My first adventure down the font hole started with Bit Stream Vera Sans Mono
followed by Source Code Pro. Stuck with Source Code Pro for many years and
even today, not sure any other aliased font looks and works as well as Source
Code Pro at almost every size, from the smallest onward. It just looks clean
to me.

After reading on here how great it was, switched to Fira Code for a while. It
was nice, but never blew me away. The ligatures were a nice change I guess.

Then I tried out Iosevka and was happy. Kept using it for a while.

Then it was Input Mono, again happy and used it for a while.

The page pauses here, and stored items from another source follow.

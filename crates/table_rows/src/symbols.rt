//! Symbols in words, four in each.
ghost use Rattle.std.specs.Prelude.{◌≡◌, ◌≤◌, length};
ghost use Rattle.table_rows.specs.Layout.{packed_words_of, unpacked_of, words_for};

use crate::layout::{pack, unpack, words_for_symbols};

/// Packs symbols into as many words as they take.
pub(crate) fn pack_all(symbols: &[u16], words: &mut [u64])
    requires { length words.old ≡ words_for (length symbols.now) }
    ensures { words.new ≡ packed_words_of symbols.now }
{
    crate::laws::packing();
    for at in 0..words.len() {
        let first = at * 4;
        let end = symbols.len().min(first + 4);
        words[at] = pack(&symbols[first..end]);
    }
}

/// Takes the first symbols out of words, as many as `out` has.
pub(crate) fn unpack_all(words: &[u64], out: &mut [u16])
    requires { words_for (length out.old) ≤ length words.now }
    ensures { out.new ≡ unpacked_of (length out.old) words.now }
{
    crate::laws::packing();
    let count = words_for_symbols(out.len());
    for at in 0..count {
        let first = at * 4;
        let end = out.len().min(first + 4);
        unpack(words[at], &mut out[first..end]);
    }
}
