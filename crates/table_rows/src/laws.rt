//! That each kind of step keeps the rule: whatever the words and the views are, if they meet the rule and the seat has the view
//! that is said, there is a view that the seat has after the step, with which they meet it again, and which is as the kind says.
mod region_laws;

ghost use Rattle.table_rows.specs.StepLaws.{AccessLaws, ClosingLaw, ExchangeLaw, JoinCallerLaw, JoinNoteLaw, LookLaw, NoteLaw, NumberLaw, OpeningLaw, ReadLaw, WriteLaw};

pub use region_laws::{filling, meeting, packing, reading, records, region};

/// Words that are all 0 and the view of a founder that has given no number meet the rule.
pub fn opening()
    ensures { OpeningLaw }
{}

/// Look: a load of the next word of the directory.
pub fn look()
    ensures { LookLaw }
{}

/// Read: a load of a word of a region that is known.
pub fn read()
    ensures { ReadLaw }
{}

/// Write: a store to the own draft.
pub fn write()
    ensures { WriteLaw }
{}

/// Append and Lose: an exchange of the next word of the directory from 0 to the own draft, won or lost. The draft has a whole
/// record of this caller, and a record may come next that is such after those that were read.
pub fn exchange()
    ensures { ExchangeLaw }
{}

/// No step loads, stores or exchanges a word besides its own: the next of the directory, one of a known region, or one of the
/// own draft.
pub fn access()
    ensures { AccessLaws }
{}

/// Number: a new caller is cut off the founder.
pub fn number()
    ensures { NumberLaw }
{}

/// Note: a note of what a caller knows is cut off it.
pub fn note()
    ensures { NoteLaw }
{}

/// Join of a note into a caller.
pub fn join_note()
    ensures { JoinNoteLaw }
{}

/// Join of a caller into the founder.
pub fn join_caller()
    ensures { JoinCallerLaw }
{}

/// Words that meet the rule with the founder's view hold what it brought together.
pub fn closing()
    ensures { ClosingLaw }
{}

I was later introduced to Operator Mono and thought I had found code font
bliss (pay).

Ended up going back to SF Mono (I'm on macOS) and feel content. Finally.
Again. I don't think I'm switching anymore. I might try for a day or a few
minutes something else, but I can't see myself sticking with it like SF Mono.
It will have to blow my mind.

As an aside, I love no antialias Monaco at about 10 pt on hi dpi/retina
displays (MacBook Pro 2017 and LG 5k with non-decimal scale, e.g. 2x).
Something about it seems perfect to me. It usually seems to require special
configuration and sometimes is difficult or not supported at all in many tools
and editors, so I have stuck with SF Mono, typically 11 pt or 13 pt depending
on the display and time of day and how much sleep I got.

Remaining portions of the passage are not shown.